Le jour d’après, je l’attendis à la fenêtre, et il ne vint pas. Je sus par Schiller qu’il était gravement malade.

Huit ou dix jours après, il allait mieux, et il revint me saluer. Je souffrais, mais je me soutenais. Quelques mois se passèrent ainsi, tant pour lui que pour moi, dans ces alternatives de mieux et de plus mal.

CHAPITRE LXXIII

Je pus me traîner jusqu’au 11 janvier 1823. Le matin, je me levai avec un mal de tête assez léger, mais avec une disposition à tomber en faiblesse. Les jambes me tremblaient, et j’avais de la peine à respirer.

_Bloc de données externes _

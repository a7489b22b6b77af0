//! The latest clock at which a hop can end. A clock counts word times from a moment of angle 0 on.

ghost use Rattle.std.specs.Prelude.{◌≡◌, ◌^◌, ◌≤◌, ◌+◌};
ghost use Rattle.base_notes.specs.Entries.{entry_in};
ghost use Rattle.machine_steps.specs.Timing.{longest_step};
ghost use Rattle.machine_steps.specs.WaysLeft.{seen_way};
ghost use Rattle.flow_graph.specs.Longest as defined;
ghost use Rattle.flow_graph.specs.Profile.{MayEnd};

use crate::hops::Hop;
use base_notes::{Entry, Times};
use base_words::{Location, Op};
use machine_rotation::Clockwork;
use machine_steps::chain::{to_end, to_ready};
use machine_steps::{Way, places};

/// The most units of work that the operation may have at this D, whatever the data; at most 90.
fn most_units(op: Op, d: u16) -> u64
    ensures value { result ≡ defined.most_units op d }
    ensures few { result ≤ 90 }
{
    match op {
        Op::Divide | Op::DivideReset | Op::Multiply => 90,
        Op::Shift(shift) => u64::from(places(shift, d)),
        _ => 0,
    }
}

/// The longest wait for the card machine that the operation may have, in word times; at most
/// 1,000,000.
pub fn most_wait(op: Op, entry: Entry) -> u32
    ensures value { result ≡ defined.most_wait op entry }
    ensures short { result ≤ 1000000 }
{
    match op {
        Op::Read | Op::Punch => entry.wait_max,
        _ => 0,
    }
}

/// The latest clock at which a hop of the place can end whose search begins at this clock, with the
/// most units of work and the longest wait that its operation may have: at most 92,000,099 word
/// times later. The operation has to be in the profile.
pub fn longest(times: &Times, place: Location, hop: Hop, clock: u64) -> u64
    requires may_end { MayEnd hop.instruction (seen_way hop.way) }
    requires soon { clock ≤ 2 ^ 61 }
    ensures value { result ≡ defined.longest (entry_in times.now) place.number hop.instruction
        (seen_way hop.way) clock }
    ensures later { clock ≤ result }
    ensures near { result ≤ clock + longest_step }
{
    let Some(op) = Op::of(hop.instruction.op()) else {
        unreachable!()
    };
    let entry = times.entry(op);
    match hop.way {
        Way::Early => to_ready(entry, place).go(clock),
        Way::To(_) | Way::Late => {
            let d = hop.instruction.d();
            let (units, wait) = (most_units(op, d), most_wait(op, entry));
            to_end(entry, op, place, d, units, wait).go(clock)
        }
    }
}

Depuis deux ou trois jours aussi, Oroboni était mal, et ne se levait pas.

On m’apporte la soupe, j’en goûte à peine une cuillerée, puis je tombe privé de sens. Quelque temps après, la sentinelle du corridor, ayant regardé par hasard à travers le guichet, et me voyant étendu par terre avec mon assiette renversée à côté de moi, me crut mort et appela Schiller.

Le surintendant vint aussi ; on appela immédiatement le médecin, et on me mit au lit. Je revins à moi.

Le médecin dit que j’étais en danger, et me fit enlever les fers. Il m’ordonna je ne sais quel cordial, mais mon estomac ne pouvait rien garder. La douleur de tête augmentait terriblement.

On fit immédiatement un rapport au gouverneur qui expédia un courrier à Vienne pour savoir comment je devais être traité. On répondit de ne pas me mettre à l’infirmerie, mais de me soigner dans ma prison avec la même diligence que si j’avais été à l’infirmerie. De plus, on autorisait le surintendant à me donner du bouillon et des soupes de sa cuisine, tant que durerait la gravité du mal.

Cette dernière précaution me fut inutile dans le commencement ; aucun aliment, aucune boisson ne passait. Mon état empira pendant toute une semaine, et je délirais jour et nuit.